(Source data)
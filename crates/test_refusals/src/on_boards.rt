//! Tasks on boards that are constants: what they do where a read, a write or a growth fails.
use crate::failing::{leaves_beginnings, tells_failed_reads};
use crate::program::prints;
use crate::refused_tasks::is_refused_in_turn;
use pciplan_tasks::task::Task;
use std::alloc::{AllocError, Global};
use std::test::Fail;
use test_support::row::{Row, texts_of_rows};

/// A task, where there was memory for it.
pub type Made = Result<Task, AllocError>;

/// Fails unless a task that is refused a growth, whichever it is, says just that.
pub fn is_refused(alloc: Global, task: Made, board: &[Row]) -> Result<(), Fail> {
    let task = task?;
    let texts = texts_of_rows(alloc, board)?;
    if is_refused_in_turn(alloc, &task, &texts) {
        Ok(())
    } else {
        Err(Fail::new(format_args!("a growth is refused and isn't told")))
    }
}

/// Fails unless writers with too little room hold a beginning of the answer.
pub fn is_cut_off(
    alloc: Global,
    task: Made,
    board: &[Row],
    step: usize,
    rooms: &[usize],
) -> Result<(), Fail> {
    let task = task?;
    let texts = texts_of_rows(alloc, board)?;
    leaves_beginnings(alloc, &task, &texts, step, rooms)
}

/// Fails unless a task whose read of a text fails tells that, and answers with this status where none does.
pub fn is_unread(alloc: Global, task: Made, board: &[Row], status: u8) -> Result<(), Fail> {
    let task = task?;
    let texts = texts_of_rows(alloc, board)?;
    tells_failed_reads(alloc, &task, &texts, status)
}

/// Fails unless a line of words prints this about a board, and nothing to standard error.
pub fn is_printed(alloc: Global, words: &[&str], board: &[Row], wanted: &str) -> Result<(), Fail> {
    let texts = texts_of_rows(alloc, board)?;
    let (dump, probe) = (texts.dump.as_str(), texts.probe.as_str());
    prints(alloc, words, (dump, probe), (wanted, "", 0))
}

• [Task prompt]:
Scan the data for the string "growth" and copy each line in which it occurs.

• [Completed task]:
//! Tasks on boards that are constants: what they do where a read, a write or a growth fails.
/// Fails unless a task that is refused a growth, whichever it is, says just that.
        Err(Fail::new(format_args!("a growth is refused and isn't told")))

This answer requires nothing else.